I read an article about residency training in "Pharos," the Alpha Omega Alpha magazine. AOA is the Phi Beta Kappa for medical students. It spoke of the long hours house officers have to be on duty. Of all the people in the world, doctors (in charge of training programs) should know best that prolonged wakefulness and lack of sleep could lead even the best trained and most motivated doctor to make avoidable mistakes. This provoked me to write this and send it to the author of the article.
79. Training experiences
My internship and residency experience
When I graduated from medical school in March 1946, I thought that I wanted to be a thoracic surgeon-based more on my admiration of Duane Carr, a Memphis thoracic surgeon, than on my talents and inclination.

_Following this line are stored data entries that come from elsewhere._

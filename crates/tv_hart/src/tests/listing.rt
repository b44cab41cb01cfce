//! Words from outside as the hart reads them: each row of the instruction listing as LLVM's assembler writes it, and
//! words of small programs.

use std::process::Abort;
use tv_isa::{Instr, decode, encode};

/// Reads each word as an instruction of this name, and writes it again.
fn expect(rt: &impl Abort, rows: &[(u32, &'static str)]) {
    for &(word, name) in rows {
        match decode(word) {
            Some(instr) => {
                assert_eq!(rt; name_of(instr), name);
                assert_eq!(rt; encode(&instr), word);
            }
            None => assert!(rt; false, "at {word}"),
        }
    }
}

/// The name of a row.
fn name_of(instr: Instr) -> &'static str {
    match instr {
        Instr::Lui { .. } => "lui",
        Instr::Auipc { .. } => "auipc",
        Instr::Jal { .. } => "jal",
        Instr::Jalr { .. } => "jalr",
        Instr::Beq { .. } => "beq",
        Instr::Bne { .. } => "bne",
        Instr::Blt { .. } => "blt",
        Instr::Bge { .. } => "bge",
        Instr::Bltu { .. } => "bltu",
        Instr::Bgeu { .. } => "bgeu",
        Instr::Lb { .. } => "lb",
        Instr::Lh { .. } => "lh",
        Instr::Lw { .. } => "lw",
        Instr::Ld { .. } => "ld",
        Instr::Lbu { .. } => "lbu",
        Instr::Lhu { .. } => "lhu",
        Instr::Lwu { .. } => "lwu",
        Instr::Sb { .. } => "sb",
        Instr::Sh { .. } => "sh",
        Instr::Sw { .. } => "sw",
        Instr::Sd { .. } => "sd",
        Instr::Addi { .. } => "addi",
        Instr::Slti { .. } => "slti",
        Instr::Sltiu { .. } => "sltiu",
        Instr::Xori { .. } => "xori",
        Instr::Ori { .. } => "ori",
        Instr::Andi { .. } => "andi",
        Instr::Slli { .. } => "slli",
        Instr::Srli { .. } => "srli",
        Instr::Srai { .. } => "srai",
        Instr::Addiw { .. } => "addiw",
        Instr::Slliw { .. } => "slliw",
        Instr::Srliw { .. } => "srliw",
        Instr::Sraiw { .. } => "sraiw",
        Instr::Add { .. } => "add",
        Instr::Sub { .. } => "sub",
        Instr::Sll { .. } => "sll",
        Instr::Slt { .. } => "slt",
        Instr::Sltu { .. } => "sltu",
        Instr::Xor { .. } => "xor",
        Instr::Srl { .. } => "srl",
        Instr::Sra { .. } => "sra",
        Instr::Or { .. } => "or",
        Instr::And { .. } => "and",
        Instr::Addw { .. } => "addw",
        Instr::Subw { .. } => "subw",
        Instr::Sllw { .. } => "sllw",
        Instr::Srlw { .. } => "srlw",
        Instr::Sraw { .. } => "sraw",
        Instr::Fence { .. } => "fence",
        Instr::FenceI { .. } => "fence.i",
        Instr::Mul { .. } => "mul",
        Instr::Mulh { .. } => "mulh",
        Instr::Mulhsu { .. } => "mulhsu",
        Instr::Mulhu { .. } => "mulhu",
        Instr::Div { .. } => "div",
        Instr::Divu { .. } => "divu",
        Instr::Rem { .. } => "rem",
        Instr::Remu { .. } => "remu",
        Instr::Mulw { .. } => "mulw",
        Instr::Divw { .. } => "divw",
        Instr::Divuw { .. } => "divuw",
        Instr::Remw { .. } => "remw",
        Instr::Remuw { .. } => "remuw",
        Instr::LrW { .. } => "lr.w",
        Instr::LrD { .. } => "lr.d",
        Instr::ScW { .. } => "sc.w",
        Instr::ScD { .. } => "sc.d",
        Instr::AmoSwapW { .. } => "amoswap.w",
        Instr::AmoSwapD { .. } => "amoswap.d",
        Instr::AmoAddW { .. } => "amoadd.w",
        Instr::AmoAddD { .. } => "amoadd.d",
        Instr::AmoXorW { .. } => "amoxor.w",
        Instr::AmoXorD { .. } => "amoxor.d",
        Instr::AmoAndW { .. } => "amoand.w",
        Instr::AmoAndD { .. } => "amoand.d",
        Instr::AmoOrW { .. } => "amoor.w",
        Instr::AmoOrD { .. } => "amoor.d",
        Instr::AmoMinW { .. } => "amomin.w",
        Instr::AmoMinD { .. } => "amomin.d",
        Instr::AmoMaxW { .. } => "amomax.w",
        Instr::AmoMaxD { .. } => "amomax.d",
        Instr::AmoMinuW { .. } => "amominu.w",
        Instr::AmoMinuD { .. } => "amominu.d",
        Instr::AmoMaxuW { .. } => "amomaxu.w",
        Instr::AmoMaxuD { .. } => "amomaxu.d",
        Instr::Csrrw { .. } => "csrrw",
        Instr::Csrrs { .. } => "csrrs",
        Instr::Csrrc { .. } => "csrrc",
        Instr::Csrrwi { .. } => "csrrwi",
        Instr::Csrrsi { .. } => "csrrsi",
        Instr::Csrrci { .. } => "csrrci",
        Instr::Ecall => "ecall",
        Instr::Ebreak => "ebreak",
        Instr::Mret => "mret",
        Instr::Wfi => "wfi",
    }
}

/// The parts of the rows that stand for the formats, as numbers in the order of their fields; none of another row.
fn parts_of(instr: Instr) -> [u32; 4] {
    match instr {
        Instr::Auipc { rd, imm } => [u32::from(rd), imm, 0, 0],
        Instr::Jal { rd, offset } => [u32::from(rd), offset, 0, 0],
        Instr::Bne { rs1, rs2, offset } | Instr::Blt { rs1, rs2, offset } => {
            [u32::from(rs1), u32::from(rs2), offset, 0]
        }
        Instr::Lb { rd, rs1, imm } => [u32::from(rd), u32::from(rs1), imm, 0],
        Instr::Sd { rs1, rs2, imm } => [u32::from(rs1), u32::from(rs2), imm, 0],
        Instr::Srai { rd, rs1, shamt } | Instr::Sraiw { rd, rs1, shamt } => {
            [u32::from(rd), u32::from(rs1), u32::from(shamt), 0]
        }
        Instr::Mulhsu { rd, rs1, rs2 } => [u32::from(rd), u32::from(rs1), u32::from(rs2), 0],
        Instr::Fence { word } => [word, 0, 0, 0],
        Instr::LrD { rd, rs1, ordering } => {
            [u32::from(rd), u32::from(rs1), u32::from(ordering), 0]
        }
        Instr::AmoMaxuW {
            rd,
            rs1,
            rs2,
            ordering,
        } => [
            u32::from(rd),
            u32::from(rs1),
            u32::from(rs2),
            u32::from(ordering),
        ],
        Instr::Csrrw { rd, rs1, csr } => [u32::from(rd), u32::from(rs1), u32::from(csr), 0],
        Instr::Csrrwi { rd, uimm, csr } => [u32::from(rd), u32::from(uimm), u32::from(csr), 0],
        _ => [0; 4],
    }
}

#[test]
fn reads_the_parts_of_each_format(rt: HostRuntime) {
    let rows = [
        (0xffffff97, [31, 0xfffff, 0, 0]),
        (0x800002ef, [5, 0x100000, 0, 0]),
        (0x7fe29fe3, [5, 30, 0xffe, 0]),
        (0xffe2cce3, [5, 30, 0x1ff8, 0]),
        (0x800a8503, [10, 21, 0x800, 0]),
        (0xfe713023, [2, 7, 0xfe0, 0]),
        (0x43f25193, [3, 4, 63, 0]),
        (0x41f2519b, [3, 4, 31, 0]),
        (0x02e6a633, [12, 13, 14, 0]),
        (0x0310000f, [0x0310000f, 0, 0, 0]),
        (0x160432af, [5, 8, 3, 0]),
        (0xe5e422af, [5, 8, 30, 2]),
        (0x30529573, [10, 5, 0x305, 0]),
        (0xffffd573, [10, 31, 0xfff, 0]),
    ];
    for (word, parts) in rows {
        match decode(word) {
            Some(instr) => assert_eq!(rt; parts_of(instr), parts, "at {word}"),
            None => assert!(rt; false, "at {word}"),
        }
    }
}

#[test]
fn reads_upper_jumps_and_branches(rt: HostRuntime) {
    expect(
        &rt,
        &[
            (0x100002b7, "lui"),
            (0xffffff97, "auipc"),
            (0x800002ef, "jal"),
            (0x7ffff2ef, "jal"),
            (0xfffff0ef, "jal"),
            (0x001000ef, "jal"),
            (0x00008067, "jalr"),
            (0x81e28063, "beq"),
            (0x7fe29fe3, "bne"),
            (0xffe2cce3, "blt"),
            (0x01e2d0e3, "bge"),
            (0x81e2e163, "bltu"),
            (0x01e2ff63, "bgeu"),
        ],
    );
}

#[test]
fn reads_loads_and_stores(rt: HostRuntime) {
    expect(
        &rt,
        &[
            (0x800a8503, "lb"),
            (0x7ffa9503, "lh"),
            (0x000aa503, "lw"),
            (0xff8ab503, "ld"),
            (0x001ac503, "lbu"),
            (0xfffad503, "lhu"),
            (0x020ae503, "lwu"),
            (0x80710023, "sb"),
            (0x7e711fa3, "sh"),
            (0x00712fa3, "sw"),
            (0xfe713023, "sd"),
        ],
    );
}

#[test]
fn reads_immediates(rt: HostRuntime) {
    expect(
        &rt,
        &[
            (0x04148313, "addi"),
            (0xfff4a313, "slti"),
            (0x0014b313, "sltiu"),
            (0x8004c313, "xori"),
            (0x7ff4e313, "ori"),
            (0xffe4f313, "andi"),
            (0x02121193, "slli"),
            (0x02025193, "srli"),
            (0x43f25193, "srai"),
            (0xfff4041b, "addiw"),
            (0x0052119b, "slliw"),
            (0x0102519b, "srliw"),
            (0x41f2519b, "sraiw"),
        ],
    );
}

#[test]
fn reads_registers_and_fences(rt: HostRuntime) {
    expect(
        &rt,
        &[
            (0x00e68633, "add"),
            (0x40e68633, "sub"),
            (0x00e69633, "sll"),
            (0x00e6a633, "slt"),
            (0x00e6b633, "sltu"),
            (0x00e6c633, "xor"),
            (0x00e6d633, "srl"),
            (0x40e6d633, "sra"),
            (0x00e6e633, "or"),
            (0x00e6f633, "and"),
            (0x00e6863b, "addw"),
            (0x40e6863b, "subw"),
            (0x00e6963b, "sllw"),
            (0x00e6d63b, "srlw"),
            (0x40e6d63b, "sraw"),
            (0x0ff0000f, "fence"),
            (0x0310000f, "fence"),
            (0x0000100f, "fence.i"),
        ],
    );
}

#[test]
fn reads_products_and_quotients(rt: HostRuntime) {
    expect(
        &rt,
        &[
            (0x02e68633, "mul"),
            (0x02e69633, "mulh"),
            (0x02e6a633, "mulhsu"),
            (0x02e6b633, "mulhu"),
            (0x02e6c633, "div"),
            (0x02e6d633, "divu"),
            (0x02e6e633, "rem"),
            (0x02e6f633, "remu"),
            (0x02e6863b, "mulw"),
            (0x02e6c63b, "divw"),
            (0x02e6d63b, "divuw"),
            (0x02e6e63b, "remw"),
            (0x02e6f63b, "remuw"),
        ],
    );
}

#[test]
fn reads_atomics(rt: HostRuntime) {
    expect(
        &rt,
        &[
            (0x100422af, "lr.w"),
            (0x1be422af, "sc.w"),
            (0x0de422af, "amoswap.w"),
            (0x07e422af, "amoadd.w"),
            (0x21e422af, "amoxor.w"),
            (0x63e422af, "amoand.w"),
            (0x45e422af, "amoor.w"),
            (0x87e422af, "amomin.w"),
            (0xa1e422af, "amomax.w"),
            (0xc3e422af, "amominu.w"),
            (0xe5e422af, "amomaxu.w"),
            (0x160432af, "lr.d"),
            (0x19e432af, "sc.d"),
            (0x0be432af, "amoswap.d"),
            (0x05e432af, "amoadd.d"),
            (0x27e432af, "amoxor.d"),
            (0x61e432af, "amoand.d"),
            (0x43e432af, "amoor.d"),
            (0x85e432af, "amomin.d"),
            (0xa7e432af, "amomax.d"),
            (0xc1e432af, "amominu.d"),
            (0xe3e432af, "amomaxu.d"),
        ],
    );
}

#[test]
fn reads_system(rt: HostRuntime) {
    expect(
        &rt,
        &[
            (0x30529573, "csrrw"),
            (0xf1402573, "csrrs"),
            (0x300fb573, "csrrc"),
            (0xffffd573, "csrrwi"),
            (0x30046573, "csrrsi"),
            (0x0000f573, "csrrci"),
            (0x00000073, "ecall"),
            (0x00100073, "ebreak"),
            (0x30200073, "mret"),
            (0x10500073, "wfi"),
        ],
    );
}

#[test]
fn reads_words_of_programs(rt: HostRuntime) {
    expect(
        &rt,
        &[
            (0x04100313, "addi"),
            (0x00628023, "sb"),
            (0x001002b7, "lui"),
            (0x00005337, "lui"),
            (0x55530313, "addi"),
            (0x0062a023, "sw"),
            (0x0000006f, "jal"),
            (0x002000ef, "jal"),
            (0x00002283, "lw"),
        ],
    );
}

#[test]
fn refuses_other_words(rt: HostRuntime) {
    let words = [
        0x0000_0000,
        0xffff_ffff,
        0x0400_0033,
        0x0200_103b, // the W form that MULH doesn't have
        0x1010_202f, // LR.W with rs2
        0x1010_302f, // LR.D with rs2
        0x2800_202f, // no funct5
        0x0000_002f, // AMOADD of a byte
        0x0000_00f3, // ECALL with rd
        0x1020_0073, // SRET
        0x1200_0073, // SFENCE.VMA
        0x3000_4073,
        0x4402_5193, // SRAI with bit 26 set
        0x0402_1193, // SLLI with bit 26 set
        0x0202_119b, // SLLIW by 32
        0x0000_201b,
        0x0000_2063,
        0x0000_7003,
        0x0000_4023,
        0x0000_1067,
        0x4000_1033, // SLL with the funct7 of SUB
        0x0000_203b,
        0x0000_200f,
    ];
    for word in words {
        assert!(rt; decode(word).is_none(), "at {word}");
    }
}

I chose Henry Ford Hospital for a rotating internship majoring in surgery. My work (training) schedule was as follows: Two of us interns would be assigned to a floor. One would be in the operating room assisting (far down the line). When the operating schedule for the assigned room was over, the intern could go home. We did not receive quarters or food, but did receive a stipend in lieu of maintenance. Since I was married, this worked out very well. At first I received $150 a month, but this was soon raised to $170. We had no children and my wife had a full time job.
The floor intern took care of the patients (under supervision of residents and a full time paid staff). This intern had the responsibility for working up (examining) patients admitted that afternoon for surgery the next day. When these tasks were done, the intern could go home.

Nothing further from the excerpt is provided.